# Canard PC & Canardpc.com > Nos Autres Rubriques > [Jeux Indépendants] Gnobot: On le lance pour de vrai ce coup la !

## Carpette

Coucou, c'est encore nous !
 Et non, on est pas mort !
Même si on a pris tout plein de retard par rapport à ce qu'on avait prévu (ça se saurait si les jeux sortaient à la date prévue initialement), on a paufiné Gnobot le plus possible, histoire de le faire plaisir à nos nombreux fan et on ... Ouais bon ok, on a trainé, mais c'était pour votre bien, on ne voulait pas que vous restiez enfermé à jouer pendant les vacances, vous comprenez ... si si si !!
Mais maintenant qu'elles sont finies, on peut vous permettre de rater votre rentrée en venant passer tout votre temps libre sur Gnobot !
 Au programme des réjouissances, tout plein de bugs qui ont disparu, tout plein d'objets qui sont apparu, histoire de diversifier encore plus la manière de taper sur son prochain, de quoi frimer sur facebook en annonçant que son robot vient de gagner un niveau, bref, des choses essentielles à la vie.
 Un grand merci à nos béta-testeurs (en particulier les tarés qui sont venu se refaire un robot entre le reset de lundi et aujourd'hui). Pensez à regarder votre boite mail avant de revenir.
 Le site va bien sur continuer à évoluer, mais on lance en parallèle le développement de notre jeu suivant, en espérant que le premier vous plaise suffisamment pour que le deuxième voit le jour.

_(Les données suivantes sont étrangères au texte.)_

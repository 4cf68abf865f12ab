//! What changed, as an answer tells it.
ghost use Rattle.std.specs.Prelude.{◌≡◌};

use op_model::ChangeStep;
use std::marker::Model;

/// What changed in a text, as steps over it. Contracts see the list of them.
#[derive(Drop)]
pub struct ChangeList {
    steps: Vec<ChangeStep>,
}

impl Model for ChangeList {
    ghost use Rattle.std.specs.Prelude.{List};
    ghost use Rattle.op_model.specs.declared.change_step.ChangeStep.{ChangeStep};

    ghost Value = { List ChangeStep };

    ghost view = { λ l. l.steps.items };
}

impl From<Vec<ChangeStep>> for ChangeList {
    ghost from_gives = { λ steps result. result ≡ steps.items };

    fn from(steps: Vec<ChangeStep>) -> ChangeList {
        ChangeList { steps }
    }
}

impl ChangeList {
    /// The steps, in order.
    pub fn as_slice(&self) -> &[ChangeStep]
        ensures { result.now ≡ self.now }
    {
        &self.steps
    }
}
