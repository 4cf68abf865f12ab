//! What a session is answered.

use crate::change_list::ChangeList;
use crate::document_list::DocumentList;
use crate::exported::Exported;
use crate::lasting_list::LastingList;
use crate::peer_list::PeerList;
use crate::place_list::PlaceList;
use crate::refusal::Refusal;
use crate::span_list::SpanList;
use crate::version_list::VersionList;
use list_counts::Room;
use op_model::Text;

/// What a session is answered.
#[derive(Drop)]
pub enum Answer {
    /// An edit is settled; the document had `rev` operations right after it.
    Edited {
        rev: u64,
    },
    /// The text of a document, and how many operations it has, or had then.
    Text {
        rev: u64,
        text: Text,
    },
    /// The spans of a document, and how many operations it has, or had then.
    Spans {
        rev: u64,
        spans: SpanList,
    },
    /// The versions of a document, and how many operations it has.
    Versions {
        rev: u64,
        versions: VersionList,
    },
    /// What changed in a document, and how many operations it has.
    Changes {
        rev: u64,
        changes: ChangeList,
    },
    /// Places of a document that last, and how many operations it has.
    Anchors {
        rev: u64,
        anchors: LastingList,
    },
    /// Where places of a document stand, and how many operations it has.
    Places {
        rev: u64,
        places: PlaceList,
    },
    /// A document as other programs read it, and how many operations it has.
    Exported {
        rev: u64,
        text: Exported,
    },
    /// How many operations are applied, how many of them are settled, and whether edits are taken.
    Status {
        applied: u64,
        settled: u64,
        state: State,
    },
    /// The peers that are linked and have said what they have, and how many sessions are in use.
    Peers {
        peers: PeerList,
        sessions: u64,
    },
    /// What is counted of each document that has operations.
    Documents {
        documents: DocumentList,
    },
    /// How much there is of what there is a limit to.
    Room {
        room: Room,
    },
    /// All that was applied before the stop is settled.
    Stopped,
    /// What was asked for is done, and there is nothing to tell of it.
    Done,
    /// The request isn't served.
    Refused(Refusal),
    /// Several edits at once aren't made, because of this one of them, counted from 0.
    RefusedAt {
        refusal: Refusal,
        at: u64,
    },
}

/// Whether a replica takes edits.
#[derive(Clone, Copy, Debug, Drop, PartialEq, Eq)]
pub enum State {
    /// Edits are taken.
    Open,
    /// Edits aren't taken after a stop.
    Stopping,
    /// Edits aren't taken since the device failed, whether or not there was a stop.
    Failed,
}
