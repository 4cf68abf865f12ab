//! Some numbers of a request.
ghost use Rattle.std.specs.Prelude.{◌≡◌};

use std::marker::Model;

/// Numbers of visible characters before places of a text, or of documents. Contracts see the list
/// of them.
#[derive(Debug, Drop)]
pub struct Numbers {
    numbers: Vec<u32>,
}

impl Model for Numbers {
    ghost use Rattle.std.specs.Prelude.{List, ℕ};

    ghost Value = { List ℕ };

    ghost view = { λ l. l.numbers.items };
}

impl From<Vec<u32>> for Numbers {
    ghost from_gives = { λ numbers result. result ≡ numbers.items };

    fn from(numbers: Vec<u32>) -> Numbers {
        Numbers { numbers }
    }
}

impl Numbers {
    /// The numbers, in order.
    pub fn as_slice(&self) -> &[u32]
        ensures { result.now ≡ self.now }
    {
        &self.numbers
    }
}
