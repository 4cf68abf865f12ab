//! The peers that are linked, as JSON.
ghost use Rattle.std.specs.Prelude.{false};
ghost use Rattle.session_lines.specs.Putting.{Puts};
ghost use Rattle.session_lines.specs.Saying.{said_peer};
ghost use Rattle.session_lines.specs.Words.{said_list, said_replica};

use crate::numbered::put_part;
use crate::quoted::{comma, put, put_quoted};
use list_counts::PeerCounts;
use op_ids::ReplicaId;
use std::alloc::AllocError;
use uuid::Uuid;

/// Puts the name of a replica as a JSON string.
pub(crate) fn put_replica(replica: ReplicaId, out: &mut Vec<u8>) -> Result<(), AllocError>
    ensures { Puts result out.old out.new (said_replica replica) }
{
    let mut buffer = Uuid::encode_buffer();
    let name = Uuid::from_bytes(replica.bytes())
        .hyphenated()
        .encode_lower(&mut buffer);
    put_quoted(name, out)
}

/// Puts a peer.
fn put_peer(peer: &PeerCounts, out: &mut Vec<u8>) -> Result<(), AllocError>
    ensures { Puts result out.old out.new (said_peer peer.now) }
{
    put_part(b"{\"has\":", peer.has, b",\"lacks\":", peer.lacks, out)?;
    put(b",\"replica\":", out)?;
    put_replica(peer.replica, out)?;
    put(b"}", out)
}

/// Puts peers, and the closing bracket.
pub(crate) fn put_peers(peers: &[PeerCounts], out: &mut Vec<u8>) -> Result<(), AllocError>
    ensures { Puts result out.old out.new (said_list said_peer false peers.now) }
{
    let mut later = false;
    for peer in peers {
        put(comma(later), out)?;
        put_peer(peer, out)?;
        later = true;
    }
    put(b"]", out)
}
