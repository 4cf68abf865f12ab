//! The request for several edits of a document at once.
ghost use Rattle.std.specs.Prelude.{◌≡◌, ◌≢◌, IfOk, IfErr, Ok, Err};
ghost use Rattle.serde_json.specs.View.{items_view, view};
ghost use Rattle.session_lines.specs.Edits.{edits_asked, listed_change, listed_changes};
ghost use Rattle.session_lines.specs.Fields.{Reads};
ghost use Rattle.session_lines.specs.declared.refusal.Refusal.TheVariants.{Memory};

use crate::command::Command;
use crate::fields::{only, rev, token, whole};
use crate::one_change::change;
use crate::refusal::Refusal;
use crate::verb::Verb;
use op_model::{Action, Change, Edit};
use placed_edits::{PlacedAction, PlacedChange, Spots};
use serde_json::Value;
use std::alloc::Global;

/// The request for several edits at once: the document, the number of operations that it has to
/// have and the token stand beside the list of them, and the changes alone in it. An error is out
/// of memory, or a broken field of the request or of any of its 1 to 1,024 edits.
pub(crate) fn edits(alloc: Global, value: &Value) -> Result<Command, Refusal>
    ensures { Reads result (edits_asked (view value.now)) }
{
    only(value, &["op", "doc", "rev", "token", "edits"])?;
    let doc = whole(value, "doc", 1)?;
    let rev = rev(value)?;
    let token = token(value)?;
    let Some(items) = value.get("edits").and_then(Value::as_array) else {
        return Err(Refusal::Field);
    };
    let Some((first, others)) = items.split_first() else {
        return Err(Refusal::Field);
    };
    let PlacedChange { change, spots } = listed(alloc, first)?;
    let others = each_listed(alloc, others)?;
    let edit = Edit {
        doc,
        rev,
        token,
        change,
    };
    let action = Action::new(edit, others.changes).ok_or(Refusal::Field)?;
    Ok(Command::Edit(PlacedAction::new(action, spots, others.spots)))
}

/// One of several changes. An error is out of memory, no change, or a field that it doesn't have.
fn listed(alloc: Global, value: &Value) -> Result<PlacedChange, Refusal>
    ensures { Reads result (listed_change (view value.now)) }
{
    let verb = value
        .get("op")
        .and_then(Value::as_str)
        .and_then(Verb::named)
        .ok_or(Refusal::Field)?;
    change(alloc, value, verb, &["op"])
}

/// Several changes, and the places of each.
#[derive(Drop)]
struct Several {
    changes: Vec<Change>,
    spots: Vec<Spots>,
}

/// All of these values as changes, in order.
fn each_listed(alloc: Global, items: &[Value]) -> Result<Several, Refusal>
    ensures ok { IfOk result (λ several. listed_changes (items_view items.now)
        ≡ Ok (record { changes = several.changes.items; spots = several.spots.items })) }
    ensures err { IfErr result (λ refusal. refusal ≢ Memory
        → listed_changes (items_view items.now) ≡ Err refusal) }
{
    let mut changes = Vec::with_capacity(alloc, items.len())?;
    let mut places = Vec::with_capacity(alloc, items.len())?;
    for item in items {
        let PlacedChange { change, spots } = listed(alloc, item)?;
        changes.push(change)?;
        places.push(spots)?;
    }
    Ok(Several {
        changes,
        spots: places,
    })
}
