//! A document as other programs read it, as an answer has it.
ghost use Rattle.std.specs.Prelude.{◌≡◌};

use std::marker::Model;

/// A document as other programs read it, in UTF-8. Contracts see the list of its bytes.
#[derive(Drop)]
pub struct Exported {
    bytes: Vec<u8>,
}

impl Model for Exported {
    ghost use Rattle.std.specs.Prelude.{List, ℕ};

    ghost Value = { List ℕ };

    ghost view = { λ e. e.bytes.items };
}

impl From<Vec<u8>> for Exported {
    ghost from_gives = { λ bytes result. result ≡ bytes.items };

    fn from(bytes: Vec<u8>) -> Exported {
        Exported { bytes }
    }
}

impl Exported {
    /// The bytes.
    pub fn as_slice(&self) -> &[u8]
        ensures { result.now ≡ self.now }
    {
        &self.bytes
    }
}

Voir la news (1 image, 0 vidéo )

----------


## JeP

Yop, c'est cool ça, mais il manquerait pas un lien ?

----------


## leith

> Yop, c'est cool ça, mais il manquerait pas un lien ?


http://www.gnobot.org/

----------


## Carpette

Hop, je l'ai rajouté dans la news ... je suis un peu con je sais

----------


## chtiungdor

ce sont des robots SM http://www.gnobot.org/index.php?page=welcome ??? En tout cas vu comme ça, cela ne m'inspire guère...

----------


## Carpette

Ce ne sont jamais les mêmes, et tu peux créer ce que tu veux. Fait un simple F5 sur la page que tu donnes en url, tu verras, les robots ne seront plus les mêmes

----------


## gros_bidule

Y aurait-il une notice, un tutoriel, un how-to ?
Sans pour autant être assisté de A à Z, une initiation serait la bienvenue  :;): 

Là je m'y perds un peu. Par exemple j'ai pris un robot déjà fait puis supprimé mes briques, mais comment j'en mets là où je veux ? J'arrive seulement à faire pousser de petites briques à partir de la première, résultat j'ai un robot somalien avec des décorations / armes qui gravitent autours de lui :/
Je sens bien qu'il y a matière à s'amuser, mais pour l'instant je renonce.

----------


## Carpette

Tu as un tutorial sur la page de ton robot

Genre ici pour le tuto
Ici pour la page d'aide

----------


## rodnroll

> Un grand merci à nos béta-testeurs (en particulier les tarés qui sont venu se refaire un robot entre le reset de lundi et aujourd'hui).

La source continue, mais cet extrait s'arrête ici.